• RECORDS PROVIDED

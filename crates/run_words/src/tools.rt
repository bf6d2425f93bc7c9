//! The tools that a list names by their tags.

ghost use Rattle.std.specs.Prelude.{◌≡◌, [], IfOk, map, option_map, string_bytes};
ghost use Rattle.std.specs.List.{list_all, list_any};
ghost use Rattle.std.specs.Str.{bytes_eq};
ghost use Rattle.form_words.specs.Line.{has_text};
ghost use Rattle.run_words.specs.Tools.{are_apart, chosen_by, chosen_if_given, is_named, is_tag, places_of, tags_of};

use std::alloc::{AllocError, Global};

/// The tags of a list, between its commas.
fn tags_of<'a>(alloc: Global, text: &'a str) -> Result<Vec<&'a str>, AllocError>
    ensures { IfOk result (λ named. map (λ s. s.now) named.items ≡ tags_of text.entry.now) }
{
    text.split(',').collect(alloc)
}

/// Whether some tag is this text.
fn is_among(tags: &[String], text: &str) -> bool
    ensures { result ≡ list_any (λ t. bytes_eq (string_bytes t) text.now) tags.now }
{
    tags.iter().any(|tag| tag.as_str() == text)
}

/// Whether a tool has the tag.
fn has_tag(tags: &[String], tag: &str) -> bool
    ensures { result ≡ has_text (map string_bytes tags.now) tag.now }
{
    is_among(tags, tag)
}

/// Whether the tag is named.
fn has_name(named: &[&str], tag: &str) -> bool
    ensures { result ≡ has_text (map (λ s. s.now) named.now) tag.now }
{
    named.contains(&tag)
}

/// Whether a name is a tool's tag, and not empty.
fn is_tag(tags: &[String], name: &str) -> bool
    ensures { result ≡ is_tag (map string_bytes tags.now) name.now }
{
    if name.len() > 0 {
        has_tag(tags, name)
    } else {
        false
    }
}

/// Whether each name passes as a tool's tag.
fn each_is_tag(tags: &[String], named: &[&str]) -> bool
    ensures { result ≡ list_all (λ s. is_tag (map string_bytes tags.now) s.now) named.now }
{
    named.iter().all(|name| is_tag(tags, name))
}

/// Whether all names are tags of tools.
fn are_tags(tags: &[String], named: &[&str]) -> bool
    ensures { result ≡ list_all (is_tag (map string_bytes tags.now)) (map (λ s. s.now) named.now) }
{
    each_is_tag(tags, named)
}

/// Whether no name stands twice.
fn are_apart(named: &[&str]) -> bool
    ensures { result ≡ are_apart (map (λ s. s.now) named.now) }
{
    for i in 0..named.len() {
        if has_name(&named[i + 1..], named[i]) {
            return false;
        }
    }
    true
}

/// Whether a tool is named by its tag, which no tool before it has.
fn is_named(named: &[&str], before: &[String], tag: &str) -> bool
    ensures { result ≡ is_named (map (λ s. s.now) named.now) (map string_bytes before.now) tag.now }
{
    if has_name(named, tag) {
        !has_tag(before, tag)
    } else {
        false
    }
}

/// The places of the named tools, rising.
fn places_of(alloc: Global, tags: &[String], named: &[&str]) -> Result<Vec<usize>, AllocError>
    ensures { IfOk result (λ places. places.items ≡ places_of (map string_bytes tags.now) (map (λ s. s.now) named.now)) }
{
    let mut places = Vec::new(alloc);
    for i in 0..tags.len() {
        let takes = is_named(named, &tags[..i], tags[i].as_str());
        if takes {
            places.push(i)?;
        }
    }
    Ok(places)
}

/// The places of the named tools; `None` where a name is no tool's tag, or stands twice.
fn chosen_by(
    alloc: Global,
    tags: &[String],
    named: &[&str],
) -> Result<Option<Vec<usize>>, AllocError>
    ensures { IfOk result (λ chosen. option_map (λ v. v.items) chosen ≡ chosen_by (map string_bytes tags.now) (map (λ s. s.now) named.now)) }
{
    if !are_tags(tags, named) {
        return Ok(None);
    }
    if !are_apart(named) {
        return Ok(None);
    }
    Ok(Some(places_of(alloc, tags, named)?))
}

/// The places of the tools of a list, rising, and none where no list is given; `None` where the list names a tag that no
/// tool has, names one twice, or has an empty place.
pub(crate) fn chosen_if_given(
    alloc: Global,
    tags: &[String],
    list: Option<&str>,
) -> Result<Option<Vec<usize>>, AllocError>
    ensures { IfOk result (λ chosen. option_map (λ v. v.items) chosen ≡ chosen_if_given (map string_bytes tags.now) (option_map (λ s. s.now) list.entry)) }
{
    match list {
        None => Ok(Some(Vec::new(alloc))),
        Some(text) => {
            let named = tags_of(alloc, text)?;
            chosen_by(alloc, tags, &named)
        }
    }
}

• EXERCISE DIRECTIONS
All lines of the records above that carry the word "bool" should be listed.

• OUTPUT BELOW
fn is_among(tags: &[String], text: &str) -> bool
fn has_tag(tags: &[String], tag: &str) -> bool
fn has_name(named: &[&str], tag: &str) -> bool
fn is_tag(tags: &[String], name: &str) -> bool
fn each_is_tag(tags: &[String], named: &[&str]) -> bool
fn are_tags(tags: &[String], named: &[&str]) -> bool
fn are_apart(named: &[&str]) -> bool
fn is_named(named: &[&str], before: &[String], tag: &str) -> bool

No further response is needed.